Failure to Timely Assess and Treat Pressure Ulcer
Penalty
Summary
The facility failed to obtain timely treatment orders and complete physician-ordered treatments for a resident with pressure ulcers. The resident, who had diagnoses including congestive heart failure, pneumonia, urinary tract infection, and type 2 diabetes, was identified as high risk for pressure ulcer development and had a care plan in place for skin breakdown prevention. Despite documentation of abnormal findings on the left heel on multiple shower sheets, there were no corresponding progress notes, treatments, or orders on those dates. The weekly wound evaluation did not document the left heel until it was identified as a stage 3 ulcer, and the treatment order for the left heel was not obtained until several days after abnormalities were first noted. Additionally, the treatment administration records showed that the ordered treatments for the left heel were not completed on the first two days after the order was written.

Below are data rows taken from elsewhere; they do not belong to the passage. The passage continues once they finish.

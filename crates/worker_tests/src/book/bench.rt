//! Instances over a book that is shared or not.

use crate::book::answer::{Answer, Call, Instance};
use crate::book::shelf::Shelf;
use history_book::{BeginFault, Book, Ticket};
use prog_check::ProgramSet;
use prog_run::{Next, Run};
use prog_tree::End;
use std::alloc::Global;
use std::mem;
use std::process::Abort;
use std::sync::Wait;

// No run of the tests takes more steps.
const MOST_STEPS: usize = 8;

#[derive(Drop)]
pub struct Bench<'a> {
    alloc: Global,
    set: &'a ProgramSet,
    shelf: Shelf<'a>,
    // by their numbers, as long as they are active
    instances: Vec<Option<Instance<'a>>>,
}

// One step of a run, with what it asks for read in the book.
fn step<R: Wait + Abort>(rt: &R, shelf: &Shelf<'_>, ticket: &Ticket, run: &mut Run<'_>) -> Next {
    match run.advance().expect(rt, "a step") {
        Next::Get(cell) => {
            let held = shelf.get(rt, ticket, &cell).expect(rt, "what a cell holds");
            run.answer_get(held).expect(rt, "a step")
        }
        Next::Scan(region) => {
            let rows = shelf.scan(rt, ticket, &region).expect(rt, "rows");
            run.answer_scan(rows).expect(rt, "a step")
        }
        next => next,
    }
}

fn finish<R: Wait + Abort>(
    rt: &R,
    shelf: &Shelf<'_>,
    ticket: &Ticket,
    run: &mut Run<'_>,
) -> Option<End> {
    for _ in 0..MOST_STEPS {
        if let Next::Done(end) = step(rt, shelf, ticket, run) {
            return Some(end);
        }
    }
    None
}

impl<'a> Bench<'a> {
    pub fn new(alloc: Global, set: &'a ProgramSet, shelf: Shelf<'a>) -> Bench<'a> {
        Bench {
            alloc,
            set,
            shelf,
            instances: Vec::new(alloc),
        }
    }

    // Keeps an instance that was begun.
    fn keep(&mut self, rt: &impl Abort, ticket: Ticket, run: Run<'a>) -> Answer {
        let answer = Answer::Begun(ticket.number(), ticket.start());
        self.instances
            .push(Some((ticket, run)))
            .expect(rt, "memory");
        answer
    }

    // What came of a begin; the instance is kept.
    fn begun(
        &mut self,
        rt: &impl Abort,
        begun: Result<Ticket, BeginFault>,
        program: usize,
        args: &[i64],
    ) -> Answer {
        match begun {
            Ok(ticket) => {
                let run = Run::new(self.alloc, self.set, program, args).expect(rt, "a run");
                self.keep(rt, ticket, run)
            }
            Err(fault) => Answer::NotBegun(fault),
        }
    }

    fn begin<R: Wait + Abort>(&mut self, rt: &R, program: usize, args: &[i64]) -> Answer {
        let begun = self.shelf.begin(rt, program, args);
        self.begun(rt, begun, program, args)
    }

    fn begin_at<R: Wait + Abort>(
        &mut self,
        rt: &R,
        start: u64,
        program: usize,
        args: &[i64],
    ) -> Answer {
        let begun = self.shelf.begin_at(rt, start, program, args);
        self.begun(rt, begun, program, args)
    }

    fn take(&mut self, number: usize) -> Option<Instance<'a>> {
        self.instances.get_mut(number)?.take()
    }

    fn put_back(&mut self, rt: &impl Abort, number: usize, instance: Option<Instance<'a>>) {
        let place = self.instances.get_mut(number).expect(rt, "a place");
        drop(mem::replace(place, instance));
    }

    fn run<R: Wait + Abort>(&mut self, rt: &R, number: usize) -> Answer {
        let Some((ticket, mut run)) = self.take(number) else {
            return Answer::Nothing;
        };
        let ended = finish(rt, &self.shelf, &ticket, &mut run);
        self.put_back(rt, number, Some((ticket, run)));
        match ended {
            Some(end) => Answer::Ran(end),
            None => Answer::Nothing,
        }
    }

    fn commit<R: Wait + Abort>(&mut self, rt: &R, number: usize) -> Answer {
        let Some((ticket, run)) = self.take(number) else {
            return Answer::Nothing;
        };
        let (answer, back) = self.shelf.commit(rt, ticket, run);
        self.put_back(rt, number, back);
        answer
    }

    fn end<R: Wait + Abort>(&mut self, rt: &R, number: usize) -> Answer {
        let Some((ticket, run)) = self.take(number) else {
            return Answer::Nothing;
        };
        let (answer, back) = self.shelf.end(rt, ticket, run);
        self.put_back(rt, number, back);
        answer
    }

    fn withdraw(&mut self, rt: &impl Wait, number: usize) -> Answer {
        let Some((ticket, run)) = self.take(number) else {
            return Answer::Nothing;
        };
        drop(run);
        match self.shelf.withdraw(rt, ticket) {
            Ok(()) => Answer::Withdrawn,
            Err(_) => Answer::NoSuchTicket,
        }
    }

    /// Makes a call.
    pub fn make<R: Wait + Abort>(&mut self, rt: &R, call: &Call) -> Answer {
        match call {
            Call::Begin(program, args) => self.begin(rt, *program, args),
            Call::BeginAt(start, program, args) => self.begin_at(rt, *start, *program, args),
            Call::Run(number) => self.run(rt, *number),
            Call::Commit(number) => self.commit(rt, *number),
            Call::End(number) => self.end(rt, *number),
            Call::Withdraw(number) => self.withdraw(rt, *number),
            Call::Vacuum => Answer::Vacuumed(self.shelf.vacuum(rt)),
        }
    }

    /// The book, with the instances let go.
    pub fn into_book(self) -> Book<'a> {
        let Bench {
            shelf,
            instances,
            ..
        } = self;
        drop(instances);
        shelf.into_book()
    }
}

Interviews with facility staff confirmed that documentation and treatment for the left heel were lacking, and that the wound was not addressed in a timely manner. The wound nurse stated that the left heel was not open prior to the treatment order, but there was no documentation of assessment or intervention when the area was first identified as abnormal. The facility's policy requires assessment and documentation of risk factors and skin breakdown, but this was not followed for the resident's left heel, resulting in a delay in treatment and incomplete documentation.